Despite the promising results of the intervention, findings of the present study should be interpreted in light of its limitations. Participants were recruited from Qazvin City; thus, findings may not be representative of those living in more rural areas and to other ethnic groups. Another limitation that should be noted is the use of self-report measures for medication adherence, which may be prone to memory or social desirability bias. As an alternative to self-report, objective instruments could be used, such as medication possession rate, electronic drug monitor, or serum concentration of medication on medication adherence. However, it should be noted that previous research has shown significant associations between MARS and objectively assessed medication adherence [37]. Nevertheless, the lack of objective measures of disease activity and laboratory work in the present study is an important limitation. Further, placebo effects cannot be ruled out given participant blinding was not possible. Moreover, physical and laboratory data (e.g., Disease Activity Score, blood markers of ESR and CRP) were not collected in the present study. Therefore, it is unclear whether intervention effects could affect these physical aspects, especially the disease activity which is a significant confounder in the present study. Following this, a longer period of time for follow-up assessments is suggested to investigate long-term maintenance effects of the intervention.

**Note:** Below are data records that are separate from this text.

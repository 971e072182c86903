//! Values with an encoding, and varints: numbers in base 128, least significant digit first.
ghost use Rattle.std.specs.Prelude.{◌≡◌, ℕ, ◌+◌, ◌^◌};
ghost use Rattle.std.specs.Prelude.{◌<◌, ◌≤◌, ◌++◌, length, take};
ghost use Rattle.std.specs.Prelude.{OnOk, OnErr, IsOkUnless, IfSome, IfNone, None};
ghost use Rattle.std.specs.Prelude.{List, Some, IfOk, Result as Outcome};
ghost use Rattle.std.specs.Io.KnownBytes.{Appends};
ghost use Rattle.std.specs.Vec.{vec_len, vec_capacity};
ghost use Rattle.sst_base.specs.Inputs.{Reads};
ghost use Rattle.sst_base.specs.declared.error.Error.{Error};
ghost use Rattle.sst_base.specs.Varint.{IsVarint, IsWidth, varint, varint_up_to};
ghost use Rattle.sst_base.specs.Varint.{varint_at};

use crate::error::{Error, Result};
use crate::in_place::put_varint;
use crate::input::Input;
use crate::output::Output;
use std::alloc::Global;

/// A value with an encoding.
pub trait Encode {
    // the bytes of the encoding
    ghost encoding: { Self → List ℕ };

    /// Writes the encoding.
    ///
    /// # Errors
    ///
    /// `Error::Io` if the writer fails. It may then hold a partial write.
    fn encode_into<W: Output>(&self, writer: &mut W) -> Result<()>
        ensures ok { OnOk result
            (Appends (W.contents writer.old) (W.contents writer.new) (encoding self.now)) }
        ensures io { IsOkUnless result Error.Io }
        ensures failed { OnErr result (W.never_fails writer.old → ⊥) };

    /// Returns the encoding.
    ///
    /// # Errors
    ///
    /// `Error::Memory` if an allocation fails.
    fn encode_into_vec(&self, alloc: Global) -> Result<Vec<u8>>
        ensures ok { IfOk result (λ bytes. bytes.items ≡ encoding self.now) }
        ensures memory { IsOkUnless result Error.Memory };
}

/// A value that can be decoded.
pub trait Decode: Sized {
    // what is encoded at the start of bytes and the bytes after it, or the first error
    ghost decoded: { List ℕ → Outcome (Self × List ℕ) Error };

    /// Decodes what is next in a reader.
    ///
    /// # Errors
    ///
    /// `Error::Io` if the reader fails, or ends before; else the first error in the bytes.
    fn decode_from<R: Input>(reader: &mut R) -> Result<Self>
        ensures read { (bytes : List ℕ) → R.remaining reader.old ≡ Some bytes
            → Reads (R.is_memory reader.old) result (R.remaining reader.new) (decoded bytes) }
        ensures kept { R.is_memory reader.old → R.is_memory reader.new };
}

/// The greatest number of bytes that a varint takes.
pub const MAX_VARINT_LEN: usize = 10;

// The varint of a number, and how many bytes it takes. Takes no memory.
pub(crate) fn varint_digits(n: u64) -> ([u8; MAX_VARINT_LEN], usize)
    ensures len { result.1 ≤ 10 }
    ensures bytes { take result.1 result.0 ≡ varint n }
{
    let mut digits = [0u8; MAX_VARINT_LEN];
    let len = put_varint(&mut digits, 0, n);
    (digits, len)
}

/// Appends the minimal encoding of a number as a varint. On an error the vector is unchanged.
///
/// # Errors
///
/// `Error::Memory` if an allocation fails.
pub fn encode_varint(out: &mut Vec<u8>, n: u64) -> Result<()>
    ensures ok { OnOk result (out.new.items ≡ out.old.items ++ varint n) }
    ensures memory { IsOkUnless result Error.Memory }
    ensures unchanged { OnErr result (out.new.items ≡ out.old.items) }
{
    let (digits, len) = varint_digits(n);
    out.extend_from_slice(&digits[..len])?;
    Ok(())
}

// Decodes a varint of any length, a digit a step: the number of at most `max` that a prefix of the
// bytes encodes, and the length of that prefix.
#[tactic(auto, unfolding(crate::specs::Varint::varint_up_to))]
fn decode_digits(bytes: &[u8], max: u64) -> Option<(u64, usize)>
    ensures { result ≡ varint_up_to max bytes.now }
{
    let (first, _) = bytes.split_first()?;
    let first = u64::from(*first);
    if first < 128 {
        return if first <= max { Some((first, 1)) } else { None };
    }
    if max < 128 {
        return None;
    }
    let mut sum = first - 128;
    let mut scale = 128;
    let mut room = (max - sum) / 128;
    for i in 1..bytes.len() {
        let byte = u64::from(bytes[i]);
        if byte < 128 {
            if byte == 0 || room < byte {
                return None;
            }
            return Some((sum + scale * byte, i + 1));
        }
        if room < 128 {
            return None;
        }
        let digit = byte - 128;
        sum += scale * digit;
        scale *= 128;
        room = (room - digit) / 128;
    }
    None
}

// Decodes a varint of any length, out of line, so that callers stay small. The length 0 means
// `None`: a pair of numbers is returned in registers, an `Option` of one by way of memory.
#[cold]
#[inline(never)]
#[tactic(auto, using(crate::proofs::Framing::ShortVarints::takes_some), unfolding(crate::specs::Varint::varint_at))]
fn decode_long(bytes: &[u8], bits: u32) -> (u64, usize)
    requires { IsWidth bits }
    ensures found { 0 < result.1 → varint_at bits bytes.now ≡ Some result }
    ensures none { result.1 ≡ 0 → varint_at bits bytes.now ≡ None }
{
    match decode_digits(bytes, u64::MAX >> (64 - bits)) {
        Some(found) => found,
        None => (0, 0),
    }
}

// The result of `decode_long` as an `Option`, apart from the cases of `decode_short`.
#[inline(always)]
fn decode_by_long(bytes: &[u8], bits: u32) -> Option<(u64, usize)>
    requires { IsWidth bits }
    ensures { result ≡ varint_at bits bytes.now }
{
    let (n, len) = decode_long(bytes, bits);
    if len == 0 {
        return None;
    }
    Some((n, len))
}

// Decodes a varint: of up to four bytes inline, with one test of length, where four bytes are
// there; else out of line. Its one clause is the definition, from which `decode_varint` derives
// its own.
#[inline(always)]
fn decode_short(bytes: &[u8], bits: u32) -> Option<(u64, usize)>
    requires { IsWidth bits }
    ensures { result ≡ varint_at bits bytes.now }
{
    match bytes {
        [a, _, _, _, ..] if *a < 128 => Some((u64::from(*a), 1)),
        [a, b, _, _, ..] if *a >= 128 && 0 < *b && *b < 128 => {
            Some((u64::from(*a - 128) + 128 * u64::from(*b), 2))
        }
        [a, b, c, _, ..] if bits > 16 && *a >= 128 && *b >= 128 && 0 < *c && *c < 128 => {
            let low = u64::from(*a - 128) + 128 * u64::from(*b - 128);
            Some((low + 16384 * u64::from(*c), 3))
        }
        [a, b, c, d, ..]
            if bits > 16 && *a >= 128 && *b >= 128 && *c >= 128 && 0 < *d && *d < 128 => {
            let low = u64::from(*a - 128) + 128 * u64::from(*b - 128);
            let low = low + 16384 * u64::from(*c - 128);
            Some((low + 2_097_152 * u64::from(*d), 4))
        }
        _ => decode_by_long(bytes, bits),
    }
}

/// Decodes the varint at the start of `bytes`: returns its number and how many bytes it takes.
/// Bytes may follow it.
///
/// `bits` is the width: 16, 32 or 64. Returns `None` exactly if no prefix of the bytes is the
/// minimal encoding of a number below 2^`bits`.
#[inline(always)]
pub fn decode_varint(bytes: &[u8], bits: u32) -> Option<(u64, usize)>
    requires { IsWidth bits }
    ensures exact { result ≡ varint_at bits bytes.now }
    ensures length { IfSome result (λ found. found.1 ≤ length bytes.now) }
    ensures width { IfSome result (λ found. found.0 < 2 ^ bits) }
    ensures found { IfSome result (λ found. IsVarint (take found.1 bytes.now) found.0) }
    ensures none { IfNone result
        ((n len : ℕ) → n < 2 ^ bits → IsVarint (take len bytes.now) n → ⊥) }
{
    decode_short(bytes, bits)
}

This theory-based intervention resulted in an improvement in medication adherence behavior and improved health outcomes and social cognitions, and this was evident both in the short and long term. In addition, the present study attempted to further elucidate the mechanisms of changing medication adherence behaviors in a clinical sample of patients at risk for nonadherence behaviors. Overall, the results of the present study support the use of a theory-based intervention for improving medication adherence among RA patients and make a contribution to the cumulative knowledge about self-regulatory processes in health behavior change.